- Born: 10 October 1897 Hezhou, Gansu, Qing China (now Linxia County, Gansu)
- Died: 16 May 1953 (aged 55) Tongde County, Qinghai, China
- Allegiance: Republic of China
- Branch: National Revolutionary Army
- Service years: 1938–1953
- Rank: Lieutenant general
- Conflicts: Second Sino-Japanese War; Kuomintang Islamic Insurgency in China (1950–1958);

= Ma Yuanxiang =

Ma Yuanxiang (10 October 1897 – 16 May 1953; 马元祥 (馬元祥, Mǎ Yuánxiáng, Ma Yüan-hsiang), Xiao'erjing: ﻣَﺎ ﻳُﻮًا ﺷِﯿْﺎ) was a Hui Muslim general in the National Revolutionary Army of the Republic of China and a member of the Ma clique.

==Biography==
A relative of the Ma family clique, he served for many years in Qinghai with the National Revolutionary Army. During the Second Sino-Japanese War, Ma fought under the command of General Ma Biao and was wounded in action at the Battle of Huaiyang, where Japanese forces were defeated.

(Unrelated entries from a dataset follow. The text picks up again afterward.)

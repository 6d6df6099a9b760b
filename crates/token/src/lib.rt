// The vocabulary of tokens: kinds with their data, spans, answers, and the reasons of refusals. What a kind's number is stands in `numbers`.
#![tactic(auto)]

mod kind;
mod other;
mod read;
mod reason;

pub use kind::{Bracket, Kind};
pub use other::OtherNumber;
pub use read::{Refusal, Span, Token, got, point, refusal_in, refused};
pub use reason::Reason;
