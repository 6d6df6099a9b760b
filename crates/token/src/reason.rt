// Why a call refuses, with the Rust's names where it has one. A caller in another language sees the number. The lookahead's refusals are `looks::Stop`.
ghost use Rattle.std.specs.Prelude.{◌≡◌, nat_eq};
ghost use Rattle.std.proofs.Common.{rules};
ghost use Rattle.std.specs.Cmp.Rules.{comparing};
ghost use Rattle.std.specs.Ordering.{on};
ghost use Rattle.token.specs.Reads.{reason_number};

use crate::other::OtherNumber;

#[derive(Clone, Copy)]
pub enum Reason {
    // A source, a position, a store.
    TooLong,
    IllFormed,
    NoRoom,
    NoPlace,
    // A number that a caller in another language gives.
    NoSuchForm,
    NoSuchReading,
    // Reading a token.
    ExpectedEscape,
    UnterminatedCharLit,
    ExpectedCharClose,
    ExpectedCharOrLabel,
    ExpectedByteClose,
    UnterminatedByteLit,
    UnterminatedStrLit,
    UnterminatedByteStrLit,
    UnexpectedChar,
    TooDeep,
    // Escapes and whole bodies.
    BadEscapeSequence,
    BadUnicodeEscapeInByteString,
    BadUnicodeEscape,
    BadHexEscapeChar,
    BadByteEscape,
    NotAscii,
    OutputShort,
    NotOneItem,
    // The stored list.
    BadLength,
    BadMark,
    BadKind,
    Gap,
    // Any other number that a caller gives.
    Other { number: OtherNumber },
}

// By their numbers: what has one number is one reason (`Reasons.reason_one`), and a caller learns the numbers.
impl PartialEq for Reason {
    ghost eq = { on reason_number nat_eq };

    ghost laws = { Prim.search (comparing, rules) };

    fn eq(&self, other: &Reason) -> bool {
        u32::from(*self) == u32::from(*other)
    }
}

impl Eq for Reason {
    ghost laws = { Prim.search (comparing, rules) };
}

impl From<Reason> for u32 {
    ghost from_gives = { λ reason number. number ≡ reason_number reason };

    fn from(reason: Reason) -> u32 {
        match reason {
            Reason::TooLong => 1,
            Reason::IllFormed => 2,
            Reason::NoRoom => 3,
            Reason::NoPlace => 4,
            Reason::NoSuchForm => 5,
            Reason::NoSuchReading => 6,
            Reason::ExpectedEscape => 10,
            Reason::UnterminatedCharLit => 11,
            Reason::ExpectedCharClose => 12,
            Reason::ExpectedCharOrLabel => 13,
            Reason::ExpectedByteClose => 14,
            Reason::UnterminatedByteLit => 15,
            Reason::UnterminatedStrLit => 16,
            Reason::UnterminatedByteStrLit => 17,
            Reason::UnexpectedChar => 18,
            Reason::TooDeep => 19,
            Reason::BadEscapeSequence => 20,
            Reason::BadUnicodeEscapeInByteString => 21,
            Reason::BadUnicodeEscape => 22,
            Reason::BadHexEscapeChar => 23,
            Reason::BadByteEscape => 24,
            Reason::NotAscii => 25,
            Reason::OutputShort => 26,
            Reason::NotOneItem => 27,
            Reason::BadLength => 40,
            Reason::BadMark => 41,
            Reason::BadKind => 42,
            Reason::Gap => 43,
            Reason::Other { number } => number.number,
        }
    }
}

impl From<u32> for Reason {
    ghost from_gives = { λ number reason. reason_number reason ≡ number };

    fn from(number: u32) -> Reason {
        match number {
            1 => Reason::TooLong,
            2 => Reason::IllFormed,
            3 => Reason::NoRoom,
            4 => Reason::NoPlace,
            5 => Reason::NoSuchForm,
            6 => Reason::NoSuchReading,
            10 => Reason::ExpectedEscape,
            11 => Reason::UnterminatedCharLit,
            12 => Reason::ExpectedCharClose,
            13 => Reason::ExpectedCharOrLabel,
            14 => Reason::ExpectedByteClose,
            15 => Reason::UnterminatedByteLit,
            16 => Reason::UnterminatedStrLit,
            17 => Reason::UnterminatedByteStrLit,
            18 => Reason::UnexpectedChar,
            19 => Reason::TooDeep,
            20 => Reason::BadEscapeSequence,
            21 => Reason::BadUnicodeEscapeInByteString,
            22 => Reason::BadUnicodeEscape,
            23 => Reason::BadHexEscapeChar,
            24 => Reason::BadByteEscape,
            25 => Reason::NotAscii,
            26 => Reason::OutputShort,
            27 => Reason::NotOneItem,
            40 => Reason::BadLength,
            41 => Reason::BadMark,
            42 => Reason::BadKind,
            43 => Reason::Gap,
            _ => Reason::Other {
                number: OtherNumber { number },
            },
        }
    }
}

After pretending to surrender to the People's Liberation Army in 1949, he broke loose in 1950 and started the insurgency. Serving as a subordinate officer to Ma Liang, he commanded the 102nd Detachment of the South-western Nationalist Underground Army. Ma Yuanxiang and Ma Liang (general) fought against the Communist forces during the Kuomintang Islamic Insurgency in China (1950–1958). He was killed in battle by communist forces in 1953. Following his death, the Kuomintang government in Taiwan posthumously promoted him to lieutenant general.